THE TASK:
When you reach the line containing "NoneCrosses from tree.old" in the data below, begin returning lines exactly as written, and stop once the line containing "relocate(areas, tree, anons, number, area, from, to)?;" has been returned.

DATA EXCERPTS:
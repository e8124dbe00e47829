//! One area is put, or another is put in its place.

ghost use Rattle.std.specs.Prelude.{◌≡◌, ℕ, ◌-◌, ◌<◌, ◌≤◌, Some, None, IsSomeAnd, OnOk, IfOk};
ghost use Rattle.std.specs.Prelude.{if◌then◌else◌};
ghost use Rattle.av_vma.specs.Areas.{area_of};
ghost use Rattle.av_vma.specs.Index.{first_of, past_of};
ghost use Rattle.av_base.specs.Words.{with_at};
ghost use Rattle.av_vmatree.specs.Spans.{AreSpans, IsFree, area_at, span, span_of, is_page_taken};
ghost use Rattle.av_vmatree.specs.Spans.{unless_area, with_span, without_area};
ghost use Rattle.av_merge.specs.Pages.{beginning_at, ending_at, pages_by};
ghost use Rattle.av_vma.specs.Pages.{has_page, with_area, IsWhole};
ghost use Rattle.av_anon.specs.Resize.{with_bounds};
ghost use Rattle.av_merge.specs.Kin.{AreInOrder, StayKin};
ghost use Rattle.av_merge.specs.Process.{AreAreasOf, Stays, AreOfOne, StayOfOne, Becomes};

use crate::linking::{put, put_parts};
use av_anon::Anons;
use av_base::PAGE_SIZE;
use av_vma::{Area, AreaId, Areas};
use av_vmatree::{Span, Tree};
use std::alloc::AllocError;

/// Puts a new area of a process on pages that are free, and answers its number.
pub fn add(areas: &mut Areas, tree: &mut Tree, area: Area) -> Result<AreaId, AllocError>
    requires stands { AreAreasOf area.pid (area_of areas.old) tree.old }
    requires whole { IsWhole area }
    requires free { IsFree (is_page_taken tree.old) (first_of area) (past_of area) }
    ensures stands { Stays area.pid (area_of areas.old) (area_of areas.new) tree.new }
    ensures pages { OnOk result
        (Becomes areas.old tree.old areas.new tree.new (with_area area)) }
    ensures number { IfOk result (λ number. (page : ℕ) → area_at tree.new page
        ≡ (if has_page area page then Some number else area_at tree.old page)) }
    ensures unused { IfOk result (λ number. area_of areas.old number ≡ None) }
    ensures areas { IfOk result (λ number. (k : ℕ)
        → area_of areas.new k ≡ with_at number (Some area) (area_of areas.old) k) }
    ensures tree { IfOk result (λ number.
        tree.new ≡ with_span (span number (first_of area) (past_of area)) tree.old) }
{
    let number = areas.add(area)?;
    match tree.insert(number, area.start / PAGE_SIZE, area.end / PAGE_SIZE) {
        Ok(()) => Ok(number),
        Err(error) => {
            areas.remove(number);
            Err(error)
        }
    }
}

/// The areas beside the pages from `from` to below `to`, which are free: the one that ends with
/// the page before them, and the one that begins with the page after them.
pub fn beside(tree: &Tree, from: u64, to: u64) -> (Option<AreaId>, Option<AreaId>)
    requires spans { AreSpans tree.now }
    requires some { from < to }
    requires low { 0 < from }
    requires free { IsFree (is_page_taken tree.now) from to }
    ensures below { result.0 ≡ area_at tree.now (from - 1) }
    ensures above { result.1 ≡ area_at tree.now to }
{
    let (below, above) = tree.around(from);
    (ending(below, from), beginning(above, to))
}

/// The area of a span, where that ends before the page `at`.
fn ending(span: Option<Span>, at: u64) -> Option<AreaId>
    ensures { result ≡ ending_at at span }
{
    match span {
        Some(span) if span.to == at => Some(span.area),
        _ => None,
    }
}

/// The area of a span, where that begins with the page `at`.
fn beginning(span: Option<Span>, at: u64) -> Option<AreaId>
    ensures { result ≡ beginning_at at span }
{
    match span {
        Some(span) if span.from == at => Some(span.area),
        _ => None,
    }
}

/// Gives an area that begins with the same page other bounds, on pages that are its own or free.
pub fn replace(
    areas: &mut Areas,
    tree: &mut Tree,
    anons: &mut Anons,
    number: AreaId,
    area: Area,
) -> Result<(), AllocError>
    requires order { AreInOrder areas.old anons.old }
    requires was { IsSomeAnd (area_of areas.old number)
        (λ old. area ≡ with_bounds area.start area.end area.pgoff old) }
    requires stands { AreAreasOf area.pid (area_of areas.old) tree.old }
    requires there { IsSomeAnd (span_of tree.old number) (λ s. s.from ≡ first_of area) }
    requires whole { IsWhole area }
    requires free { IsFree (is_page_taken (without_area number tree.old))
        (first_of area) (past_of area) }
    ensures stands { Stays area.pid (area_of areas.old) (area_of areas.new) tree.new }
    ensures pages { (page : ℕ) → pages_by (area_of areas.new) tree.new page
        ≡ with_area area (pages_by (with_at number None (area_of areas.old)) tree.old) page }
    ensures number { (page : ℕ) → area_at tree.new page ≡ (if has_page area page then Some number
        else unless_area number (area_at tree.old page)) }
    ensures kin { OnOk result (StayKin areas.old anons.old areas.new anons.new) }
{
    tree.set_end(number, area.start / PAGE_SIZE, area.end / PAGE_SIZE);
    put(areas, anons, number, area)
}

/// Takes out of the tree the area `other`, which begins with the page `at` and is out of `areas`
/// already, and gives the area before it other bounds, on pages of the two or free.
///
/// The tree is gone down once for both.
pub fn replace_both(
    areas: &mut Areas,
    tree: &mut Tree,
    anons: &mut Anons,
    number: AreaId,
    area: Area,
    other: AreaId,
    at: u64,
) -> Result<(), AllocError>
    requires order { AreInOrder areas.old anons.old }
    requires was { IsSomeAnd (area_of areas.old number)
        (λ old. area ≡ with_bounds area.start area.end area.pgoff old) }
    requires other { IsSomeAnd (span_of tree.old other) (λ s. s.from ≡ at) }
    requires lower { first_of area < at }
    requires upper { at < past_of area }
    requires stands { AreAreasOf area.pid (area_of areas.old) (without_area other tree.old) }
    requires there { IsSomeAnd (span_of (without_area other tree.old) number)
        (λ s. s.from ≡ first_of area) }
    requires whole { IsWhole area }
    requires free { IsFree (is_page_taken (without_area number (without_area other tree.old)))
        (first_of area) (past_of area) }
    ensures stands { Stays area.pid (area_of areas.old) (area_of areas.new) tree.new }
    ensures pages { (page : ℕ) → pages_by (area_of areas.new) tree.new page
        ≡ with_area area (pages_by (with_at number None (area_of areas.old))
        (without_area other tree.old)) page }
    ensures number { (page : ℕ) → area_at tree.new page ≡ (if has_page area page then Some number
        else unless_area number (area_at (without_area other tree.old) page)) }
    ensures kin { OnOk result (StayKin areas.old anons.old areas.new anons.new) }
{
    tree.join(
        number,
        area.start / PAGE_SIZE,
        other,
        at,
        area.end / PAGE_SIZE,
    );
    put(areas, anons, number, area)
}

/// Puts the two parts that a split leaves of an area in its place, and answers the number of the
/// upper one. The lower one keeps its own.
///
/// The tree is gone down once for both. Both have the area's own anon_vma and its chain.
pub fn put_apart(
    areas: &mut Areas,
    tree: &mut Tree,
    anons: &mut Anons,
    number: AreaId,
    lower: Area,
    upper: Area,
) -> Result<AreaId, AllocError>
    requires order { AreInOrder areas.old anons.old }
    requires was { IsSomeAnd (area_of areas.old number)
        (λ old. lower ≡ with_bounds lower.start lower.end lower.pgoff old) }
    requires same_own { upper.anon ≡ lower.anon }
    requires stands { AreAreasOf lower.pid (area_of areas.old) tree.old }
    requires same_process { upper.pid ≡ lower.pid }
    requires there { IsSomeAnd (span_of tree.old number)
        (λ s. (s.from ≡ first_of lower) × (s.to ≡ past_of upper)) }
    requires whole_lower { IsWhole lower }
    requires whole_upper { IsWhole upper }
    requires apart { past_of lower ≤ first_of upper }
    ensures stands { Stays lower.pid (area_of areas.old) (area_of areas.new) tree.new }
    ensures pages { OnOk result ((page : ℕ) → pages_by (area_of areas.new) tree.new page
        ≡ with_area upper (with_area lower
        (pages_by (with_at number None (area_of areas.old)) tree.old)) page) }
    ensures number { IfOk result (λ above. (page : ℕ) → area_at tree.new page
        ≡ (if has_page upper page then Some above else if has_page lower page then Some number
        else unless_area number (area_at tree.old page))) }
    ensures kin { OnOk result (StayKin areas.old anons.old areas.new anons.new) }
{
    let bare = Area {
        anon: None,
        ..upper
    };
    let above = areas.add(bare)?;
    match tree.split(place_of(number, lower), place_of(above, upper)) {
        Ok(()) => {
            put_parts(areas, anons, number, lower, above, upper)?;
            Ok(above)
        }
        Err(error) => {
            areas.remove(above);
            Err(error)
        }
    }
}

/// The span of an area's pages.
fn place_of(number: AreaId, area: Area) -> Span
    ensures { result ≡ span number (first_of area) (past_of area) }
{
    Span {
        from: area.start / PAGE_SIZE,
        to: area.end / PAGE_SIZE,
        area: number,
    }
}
* * *
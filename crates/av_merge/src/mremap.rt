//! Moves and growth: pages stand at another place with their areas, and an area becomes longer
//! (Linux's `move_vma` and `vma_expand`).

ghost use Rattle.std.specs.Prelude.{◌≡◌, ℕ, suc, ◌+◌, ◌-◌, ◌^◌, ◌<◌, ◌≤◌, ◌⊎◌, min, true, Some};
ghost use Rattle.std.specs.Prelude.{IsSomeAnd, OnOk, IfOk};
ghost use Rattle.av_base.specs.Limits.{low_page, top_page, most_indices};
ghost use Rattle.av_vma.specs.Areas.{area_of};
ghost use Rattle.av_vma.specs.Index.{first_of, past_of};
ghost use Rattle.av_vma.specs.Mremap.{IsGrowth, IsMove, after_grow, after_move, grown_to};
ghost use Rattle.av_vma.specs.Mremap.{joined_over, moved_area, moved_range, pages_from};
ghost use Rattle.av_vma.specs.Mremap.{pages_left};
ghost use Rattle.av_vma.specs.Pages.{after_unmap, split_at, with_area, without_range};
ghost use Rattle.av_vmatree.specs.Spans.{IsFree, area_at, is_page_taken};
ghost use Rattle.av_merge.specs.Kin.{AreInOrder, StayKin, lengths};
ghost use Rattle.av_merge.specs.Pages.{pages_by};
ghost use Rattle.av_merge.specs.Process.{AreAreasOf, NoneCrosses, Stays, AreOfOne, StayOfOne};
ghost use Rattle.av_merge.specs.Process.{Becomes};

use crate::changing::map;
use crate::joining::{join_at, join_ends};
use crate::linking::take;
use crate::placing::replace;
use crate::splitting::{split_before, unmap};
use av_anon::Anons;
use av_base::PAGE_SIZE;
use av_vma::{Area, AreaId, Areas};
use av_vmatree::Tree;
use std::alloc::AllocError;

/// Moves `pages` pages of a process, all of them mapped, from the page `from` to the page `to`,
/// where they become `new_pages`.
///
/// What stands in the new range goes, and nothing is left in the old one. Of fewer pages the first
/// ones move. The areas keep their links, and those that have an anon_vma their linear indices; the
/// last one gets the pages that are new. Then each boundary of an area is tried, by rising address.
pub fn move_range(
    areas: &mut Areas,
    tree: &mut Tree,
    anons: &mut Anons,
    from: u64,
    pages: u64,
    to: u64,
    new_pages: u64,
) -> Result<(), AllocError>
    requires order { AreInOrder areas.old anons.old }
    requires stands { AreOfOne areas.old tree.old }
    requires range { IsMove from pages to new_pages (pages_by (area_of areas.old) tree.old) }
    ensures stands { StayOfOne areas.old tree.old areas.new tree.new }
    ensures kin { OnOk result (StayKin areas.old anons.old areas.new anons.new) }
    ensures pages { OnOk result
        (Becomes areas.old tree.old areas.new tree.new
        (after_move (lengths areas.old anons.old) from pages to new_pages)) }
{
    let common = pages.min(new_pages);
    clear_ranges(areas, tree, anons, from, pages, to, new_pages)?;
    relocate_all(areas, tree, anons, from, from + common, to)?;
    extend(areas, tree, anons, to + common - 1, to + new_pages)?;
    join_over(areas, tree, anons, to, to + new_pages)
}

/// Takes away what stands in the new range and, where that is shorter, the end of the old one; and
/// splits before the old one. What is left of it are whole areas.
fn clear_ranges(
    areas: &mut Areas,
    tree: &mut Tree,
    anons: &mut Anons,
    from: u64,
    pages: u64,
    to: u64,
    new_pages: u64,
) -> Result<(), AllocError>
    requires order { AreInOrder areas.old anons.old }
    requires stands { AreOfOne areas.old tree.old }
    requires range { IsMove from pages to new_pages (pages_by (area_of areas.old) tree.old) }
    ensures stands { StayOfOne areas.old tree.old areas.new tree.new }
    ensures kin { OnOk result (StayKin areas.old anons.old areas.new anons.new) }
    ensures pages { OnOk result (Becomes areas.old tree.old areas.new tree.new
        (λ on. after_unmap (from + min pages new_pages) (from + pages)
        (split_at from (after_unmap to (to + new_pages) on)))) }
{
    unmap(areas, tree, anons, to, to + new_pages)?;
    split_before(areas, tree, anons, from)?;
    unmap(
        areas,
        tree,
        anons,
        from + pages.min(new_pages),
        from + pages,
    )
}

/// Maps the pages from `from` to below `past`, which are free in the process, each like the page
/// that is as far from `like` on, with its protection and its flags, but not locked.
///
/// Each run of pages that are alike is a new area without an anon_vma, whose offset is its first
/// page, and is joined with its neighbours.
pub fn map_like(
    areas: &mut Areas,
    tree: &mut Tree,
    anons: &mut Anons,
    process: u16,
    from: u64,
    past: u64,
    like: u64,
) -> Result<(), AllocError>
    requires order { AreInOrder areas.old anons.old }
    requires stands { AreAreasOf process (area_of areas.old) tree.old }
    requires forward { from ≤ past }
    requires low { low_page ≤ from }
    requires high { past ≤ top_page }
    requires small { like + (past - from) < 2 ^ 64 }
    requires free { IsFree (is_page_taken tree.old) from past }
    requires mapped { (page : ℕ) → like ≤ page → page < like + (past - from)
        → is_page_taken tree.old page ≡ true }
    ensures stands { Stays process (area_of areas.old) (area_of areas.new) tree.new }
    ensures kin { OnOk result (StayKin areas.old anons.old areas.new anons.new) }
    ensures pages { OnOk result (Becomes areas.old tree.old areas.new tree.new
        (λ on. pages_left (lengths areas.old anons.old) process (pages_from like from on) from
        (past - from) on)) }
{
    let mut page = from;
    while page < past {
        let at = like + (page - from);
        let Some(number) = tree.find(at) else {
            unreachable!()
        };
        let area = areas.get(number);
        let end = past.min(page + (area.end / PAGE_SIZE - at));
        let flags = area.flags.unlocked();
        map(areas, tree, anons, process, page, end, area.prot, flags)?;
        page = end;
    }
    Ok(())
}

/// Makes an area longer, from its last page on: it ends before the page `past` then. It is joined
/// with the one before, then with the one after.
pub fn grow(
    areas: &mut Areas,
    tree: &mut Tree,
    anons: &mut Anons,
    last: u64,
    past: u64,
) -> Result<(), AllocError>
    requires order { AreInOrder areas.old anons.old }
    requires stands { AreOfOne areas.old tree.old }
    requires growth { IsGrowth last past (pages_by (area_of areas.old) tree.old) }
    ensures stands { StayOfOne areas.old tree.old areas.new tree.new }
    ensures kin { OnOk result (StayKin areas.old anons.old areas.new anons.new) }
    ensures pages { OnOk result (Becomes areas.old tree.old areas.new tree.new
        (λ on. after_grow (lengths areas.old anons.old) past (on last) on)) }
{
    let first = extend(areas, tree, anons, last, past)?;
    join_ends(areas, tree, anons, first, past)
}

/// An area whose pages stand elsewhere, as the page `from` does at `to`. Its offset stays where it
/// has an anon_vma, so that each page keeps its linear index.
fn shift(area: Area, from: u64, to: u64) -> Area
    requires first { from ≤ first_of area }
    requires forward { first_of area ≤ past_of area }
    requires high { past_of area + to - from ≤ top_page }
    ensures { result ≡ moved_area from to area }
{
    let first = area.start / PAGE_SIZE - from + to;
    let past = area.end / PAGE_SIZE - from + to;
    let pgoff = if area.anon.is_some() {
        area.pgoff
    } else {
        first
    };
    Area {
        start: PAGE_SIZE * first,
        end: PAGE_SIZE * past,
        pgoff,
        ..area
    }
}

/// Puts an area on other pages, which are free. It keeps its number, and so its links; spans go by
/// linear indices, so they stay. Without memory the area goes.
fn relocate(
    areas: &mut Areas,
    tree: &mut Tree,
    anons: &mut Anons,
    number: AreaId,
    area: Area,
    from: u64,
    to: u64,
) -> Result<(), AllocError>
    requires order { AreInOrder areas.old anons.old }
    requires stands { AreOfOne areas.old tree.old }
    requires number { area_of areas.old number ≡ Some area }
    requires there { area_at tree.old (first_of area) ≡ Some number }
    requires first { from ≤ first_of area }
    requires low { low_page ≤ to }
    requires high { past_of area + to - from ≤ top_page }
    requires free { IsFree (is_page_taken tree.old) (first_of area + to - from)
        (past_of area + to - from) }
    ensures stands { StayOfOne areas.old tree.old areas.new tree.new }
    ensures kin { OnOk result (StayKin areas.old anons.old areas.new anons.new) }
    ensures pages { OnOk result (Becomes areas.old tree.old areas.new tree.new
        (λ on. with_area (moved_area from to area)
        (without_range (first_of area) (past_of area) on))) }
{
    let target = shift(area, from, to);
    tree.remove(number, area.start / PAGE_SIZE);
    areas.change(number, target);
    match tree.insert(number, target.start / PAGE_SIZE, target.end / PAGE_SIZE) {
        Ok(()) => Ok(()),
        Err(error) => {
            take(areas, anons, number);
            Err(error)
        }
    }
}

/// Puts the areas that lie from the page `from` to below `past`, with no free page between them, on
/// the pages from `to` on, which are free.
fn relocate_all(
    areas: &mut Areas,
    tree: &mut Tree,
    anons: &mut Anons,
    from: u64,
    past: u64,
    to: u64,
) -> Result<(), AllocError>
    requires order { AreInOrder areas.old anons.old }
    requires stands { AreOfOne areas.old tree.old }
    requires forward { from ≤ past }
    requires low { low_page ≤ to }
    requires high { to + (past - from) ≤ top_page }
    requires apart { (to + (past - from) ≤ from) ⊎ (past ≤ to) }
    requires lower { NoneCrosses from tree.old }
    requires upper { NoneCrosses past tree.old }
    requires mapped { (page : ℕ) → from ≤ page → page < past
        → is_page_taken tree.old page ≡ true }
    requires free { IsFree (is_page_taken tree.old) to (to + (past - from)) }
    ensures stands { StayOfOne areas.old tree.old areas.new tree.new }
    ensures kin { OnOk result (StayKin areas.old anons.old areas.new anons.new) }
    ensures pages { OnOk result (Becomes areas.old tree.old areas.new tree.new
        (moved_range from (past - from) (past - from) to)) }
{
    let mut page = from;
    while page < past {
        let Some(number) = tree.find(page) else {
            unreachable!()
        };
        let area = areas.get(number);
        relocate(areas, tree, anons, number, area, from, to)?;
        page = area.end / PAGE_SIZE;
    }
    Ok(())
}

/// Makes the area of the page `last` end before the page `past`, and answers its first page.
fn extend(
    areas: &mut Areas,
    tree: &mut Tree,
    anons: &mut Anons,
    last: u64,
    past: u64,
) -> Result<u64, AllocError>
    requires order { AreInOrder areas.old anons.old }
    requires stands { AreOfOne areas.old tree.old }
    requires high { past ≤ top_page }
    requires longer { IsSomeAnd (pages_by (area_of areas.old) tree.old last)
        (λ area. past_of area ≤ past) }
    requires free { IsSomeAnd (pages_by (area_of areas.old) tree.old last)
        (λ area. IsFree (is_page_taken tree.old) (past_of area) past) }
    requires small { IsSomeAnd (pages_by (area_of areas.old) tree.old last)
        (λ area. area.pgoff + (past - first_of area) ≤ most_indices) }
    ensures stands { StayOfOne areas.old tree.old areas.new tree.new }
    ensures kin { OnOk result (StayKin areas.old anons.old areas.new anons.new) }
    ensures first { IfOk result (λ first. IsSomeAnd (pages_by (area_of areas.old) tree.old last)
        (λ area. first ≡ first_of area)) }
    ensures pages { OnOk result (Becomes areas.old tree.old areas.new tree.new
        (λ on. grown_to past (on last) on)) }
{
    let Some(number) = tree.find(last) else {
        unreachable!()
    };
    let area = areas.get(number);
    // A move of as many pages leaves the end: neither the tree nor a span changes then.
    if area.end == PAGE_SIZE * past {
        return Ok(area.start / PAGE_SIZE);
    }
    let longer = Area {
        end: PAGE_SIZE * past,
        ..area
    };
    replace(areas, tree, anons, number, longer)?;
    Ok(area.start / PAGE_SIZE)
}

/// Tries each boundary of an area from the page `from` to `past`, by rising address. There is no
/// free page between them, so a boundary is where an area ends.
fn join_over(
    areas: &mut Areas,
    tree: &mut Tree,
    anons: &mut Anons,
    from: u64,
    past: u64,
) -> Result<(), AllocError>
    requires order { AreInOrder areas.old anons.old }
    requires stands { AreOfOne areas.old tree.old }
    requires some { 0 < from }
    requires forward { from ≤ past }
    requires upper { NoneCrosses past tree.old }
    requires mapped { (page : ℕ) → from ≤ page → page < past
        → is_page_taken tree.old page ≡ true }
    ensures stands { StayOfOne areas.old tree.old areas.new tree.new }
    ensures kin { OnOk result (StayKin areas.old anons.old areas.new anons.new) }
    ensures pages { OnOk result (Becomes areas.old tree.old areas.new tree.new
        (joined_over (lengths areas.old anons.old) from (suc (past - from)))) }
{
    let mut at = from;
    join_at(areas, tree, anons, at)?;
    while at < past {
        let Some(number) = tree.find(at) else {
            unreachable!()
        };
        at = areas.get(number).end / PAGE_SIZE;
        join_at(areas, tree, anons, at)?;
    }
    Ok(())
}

RESPONSE AREA:
    requires lower { NoneCrosses from tree.old }
    requires upper { NoneCrosses past tree.old }
    requires mapped { (page : ℕ) → from ≤ page → page < past
        → is_page_taken tree.old page ≡ true }
    requires free { IsFree (is_page_taken tree.old) to (to + (past - from)) }
    ensures stands { StayOfOne areas.old tree.old areas.new tree.new }
    ensures kin { OnOk result (StayKin areas.old anons.old areas.new anons.new) }
    ensures pages { OnOk result (Becomes areas.old tree.old areas.new tree.new
        (moved_range from (past - from) (past - from) to)) }
{
    let mut page = from;
    while page < past {
        let Some(number) = tree.find(page) else {
            unreachable!()
        };
        let area = areas.get(number);
        relocate(areas, tree, anons, number, area, from, to)?;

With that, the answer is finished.